00:01:45.600 The background involves what is known as Regular Expression Denial of Service, which is an active research topic. It was particularly highlighted in James Davis's Ph.D. thesis, which consists of 456 pages; I've read all of them so you don’t have to! I hope to share some of the insights and findings described within it, along with some work I have done myself based on this thesis.
00:02:51.680 Now, speaking of conventions, if you're a Ruby programmer, you have likely used regular expressions. But did you encounter any problems? What kind of problems? Who here has experienced or at least knows that regular expressions can be very slow? For instance, in an introductory book about regular expressions, I found no mention of the fact that a mistake in a regular expression, or even a lack of careful thought, can lead to very slow performance.
00:04:44.640 Of course, Jeffrey Friedl's famous book about regular expressions does discuss speed as well, but it's a common oversight. A bit about myself: I'm from Switzerland, but sadly, I'm not in sunny Switzerland right now; perhaps the background might suggest that. In actuality, I am in rainy Tokyo.
00:05:19.320 My main contributions to Ruby come from various areas, with one of my upcoming tasks being to update to Unicode 14, expected in about a month or so. Now, why are regular expressions amazing? Regular expressions are a domain-specific language (DSL) well-suited for stream processing. While we often talk about domain-specific languages in Ruby itself — with classes, methods, and so on — regular expressions are very specialized languages with distinct syntax.

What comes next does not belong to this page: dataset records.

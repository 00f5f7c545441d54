//! The join graph of a query: which relations its predicates join, and which sets are connected.
//!
//! A set is connected where a predicate crosses each split of it into two parts. A csg-cmp-pair is two connected sets that
//! have no relation in common and are joined by a predicate; the one with the least relation stands first. These pairs are what
//! the enumerators list, and the joins of a tree without cross products are made of them.
//!
//! Begin with [`Graph`]: `of` a query, `neighbours` of a set, `connected`, `joined`, and `first_unreached`, by which a query is
//! refused that falls apart. Its definitions are in `specs/Graphs.antt`, and what holds of every graph in `laws`.
#![tactic(auto)]

mod graph;
pub mod laws;
#[cfg(test)]
mod tests;

pub use graph::Graph;
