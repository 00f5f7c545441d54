use crate::Graph;
use dpe_base::{Pred, Query, Rel, RelSet};
use std::alloc::Global;
use std::test::Fail;

const REL: Rel = Rel {
    rows: 1,
    num: 1,
    den: 1,
};

// A graph of five relations with these edges.
fn graph(alloc: Global, edges: &[(u8, u8)]) -> Result<Graph, Fail> {
    let rels = vec![in alloc; REL; 5]?;
    let mut preds = Vec::new(alloc);
    for (low, high) in edges {
        preds.push(Pred {
            low: *low,
            high: *high,
            num: 1,
            den: 1,
        })?;
    }
    let query = Query::new(rels, preds)?;
    Ok(Graph::of(&query))
}

// The neighbours of the set, and whether it is connected.
fn seen(g: &Graph, bits: u32) -> Option<(u32, bool)> {
    let s = RelSet::of_bits(bits);
    if !s.within(RelSet::full(g.n())) {
        return None;
    }
    Some((g.neighbours(s).bits(), g.connected(s)))
}

fn joined(g: &Graph, a: u32, b: u32) -> Option<bool> {
    let all = RelSet::full(g.n());
    let (a, b) = (RelSet::of_bits(a), RelSet::of_bits(b));
    if !a.within(all) || !b.within(all) {
        return None;
    }
    Some(g.joined(a, b))
}

#[test]
fn two_components(rt: HostRuntime) -> Result<(), Fail> {
    let g = graph(rt.alloc(), &[(0, 2), (1, 2), (3, 4)])?;
    assert_eq!(rt; g.n(), 5);
    let sets = [
        (0, 0, false),
        (4, 3, true),
        (3, 4, false),
        (7, 0, true),
        (24, 0, true),
        (12, 19, false),
        (31, 0, false),
    ];
    for (s, neighbours, connected) in sets {
        assert_eq!(rt; seen(&g, s), Some((neighbours, connected)), "at {s}");
    }
    for (a, b, want) in [
        (1, 2, false),
        (4, 3, true),
        (3, 4, true),
        (7, 24, false),
        (8, 16, true),
    ] {
        assert_eq!(rt; joined(&g, a, b), Some(want), "at {a} and {b}");
    }
    assert_eq!(rt; g.first_unreached(), Some(3));
    Ok(())
}

#[test]
fn one_component(rt: HostRuntime) -> Result<(), Fail> {
    let g = graph(rt.alloc(), &[(0, 4), (2, 3), (1, 3), (3, 4)])?;
    assert_eq!(rt; seen(&g, 31), Some((0, true)));
    assert_eq!(rt; g.first_unreached(), None);
    Ok(())
}
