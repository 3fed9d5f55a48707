// The reference area: what the two bytes of an entry name.

ghost use Rattle.std.specs.Prelude.{◌≡◌};
ghost use Rattle.references.specs.Reference.{coded_of, paired, single, target_of};

use codes::lengths::LENGTH_2_CYCLES_2;
use codes::second::{info_bit, info_d9, info_dc, info_dd};

// A pair of Table 5-1 by its two codes; a code of 2 bytes and 2 cycles by its bytes; TJP and TCALL with their targets; anything else. The bytes
// are handed on as they stand, so that whoever carries them out decodes in one place.
#[derive(Clone, Copy)]
pub enum Reference {
    Pair(u8, u8),
    Code(u8, u8),
    Jump(u16),
    Call(u16),
    Nothing,
}

// The lower 14 bits of an entry.
pub fn target(b0: u8, b1: u8) -> u16
    ensures { result ≡ target_of b0 b1 }
{
    (b0 % 64) as u16 * 256 + b1 as u16
}

// The two bytes are a pair of Table 5-1.
fn is_pair(b0: u8, b1: u8) -> bool
    ensures { result ≡ paired b0 b1 }
{
    match b0 {
        0x8D => steps_hl(b1),
        0xC4 => steps_hl(b1),
        0x8E => steps_wx(b1),
        0x8F => steps_wl(b1),
        _ => false,
    }
}

// The second codes after LD A,@HL and LD @HL,A; after LD A,@WX; after LD A,@WL.
fn steps_hl(b1: u8) -> bool
    ensures { result ≡ paired 0x8D b1 }
{
    match b1 {
        0x4A..=0x4B => true,
        0x5A..=0x5B => true,
        0x82 => true,
        _ => false,
    }
}

fn steps_wx(b1: u8) -> bool
    ensures { result ≡ paired 0x8E b1 }
{
    match b1 {
        0x4C..=0x4D => true,
        0x5C..=0x5D => true,
        0x84 => true,
        _ => false,
    }
}

fn steps_wl(b1: u8) -> bool
    ensures { result ≡ paired 0x8F b1 }
{
    match b1 {
        0x4A | 0x4D | 0x5A | 0x5D => true,
        _ => false,
    }
}

// The two bytes are a defined code of 2 bytes and 2 cycles.
fn is_single(b0: u8, b1: u8) -> bool
    ensures { result ≡ single b0 b1 }
{
    match b0 {
        0x79 | 0x81 | 0x83 | 0x85 | 0x87 | 0x89 | 0x8C => true,
        0x90..=0x9F => true,
        0xC0..=0xC3 => true,
        0xC9..=0xCA => true,
        0xCD..=0xD3 => true,
        0xD9 => info_d9(b1) == LENGTH_2_CYCLES_2,
        0xDB => false,
        0xDC => info_dc(b1) == LENGTH_2_CYCLES_2,
        0xDD => info_dd(b1) == LENGTH_2_CYCLES_2,
        0xE0..=0xE3 => true,
        0xF0..=0xF3 => true,
        0xF4..=0xF9 => info_bit(b1) == LENGTH_2_CYCLES_2,
        0xFC..=0xFF => info_bit(b1) == LENGTH_2_CYCLES_2,
        _ => false,
    }
}

// What an entry past the jumps and the calls names.
pub fn coded(b0: u8, b1: u8) -> Reference
    ensures { result ≡ coded_of b0 b1 }
{
    let pair = is_pair(b0, b1);
    if pair {
        return Reference::Pair(b0, b1);
    }
    let one = is_single(b0, b1);
    if one {
        return Reference::Code(b0, b1);
    }
    Reference::Nothing
}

00:06:22.400 Ruby is one of the languages where regular expressions are frequently used. They are powerful due to their compact and intuitive syntax. If you write a regex matching 'perl' or 'python' or 'pascal', it will literally match those terms. This syntax is concise and intuitive, though it can become complex for more intricate patterns.
00:07:02.080 Next, let’s look at some examples of regular expressions in action. We have the usual tasks: simple string matching, extracting pieces from longer strings, and replacing parts of strings with different segments. Regular expressions excel at splitting strings into various components, which is one of the fundamental applications of regex in Ruby.
00:07:45.760 The next example involves Unicode normalization in Ruby, which uses regular expressions efficiently. This example may seem unusual, but in practice, it works quite well. Many years ago, I provided an implementation of the Unicode bi-directional algorithm in Perl, but you could achieve the same in Ruby with a few lines of code.
00:10:50.720 To showcase a surreal example, consider finding the smallest prime factor of a number greater than one. The operation starts with a string of the number's length and involves matching and extracting the prime factor via patterns established by the regex.
00:12:05.680 Let's look at the practicalities of regex. The way regex is processed can lead to slow performance on larger inputs, especially with a complex structure featuring nested quantifiers. This kind of inefficiency is particularly dangerous, illustrating the potential severity of regex misuse. There's a famous quote: 'Some people, when confronted with a problem, think, I know! I'll use regular expressions!' therefore they end up with two problems instead of one. I hope my talk will help you avoid that outcome.
00:18:39.120 In summary, regular expressions are powerful but can be perilous without adequate precautions. I recommend being mindful of the contexts in which you utilize regex, ensuring its structure is clear via the X option, and utilizing tests for comprehensive coverage. Avoid using regex as input from end users to prevent exposure to Denial of Service attacks. Finally, I would like to open the floor for any questions regarding today’s presentation. Thank you for listening!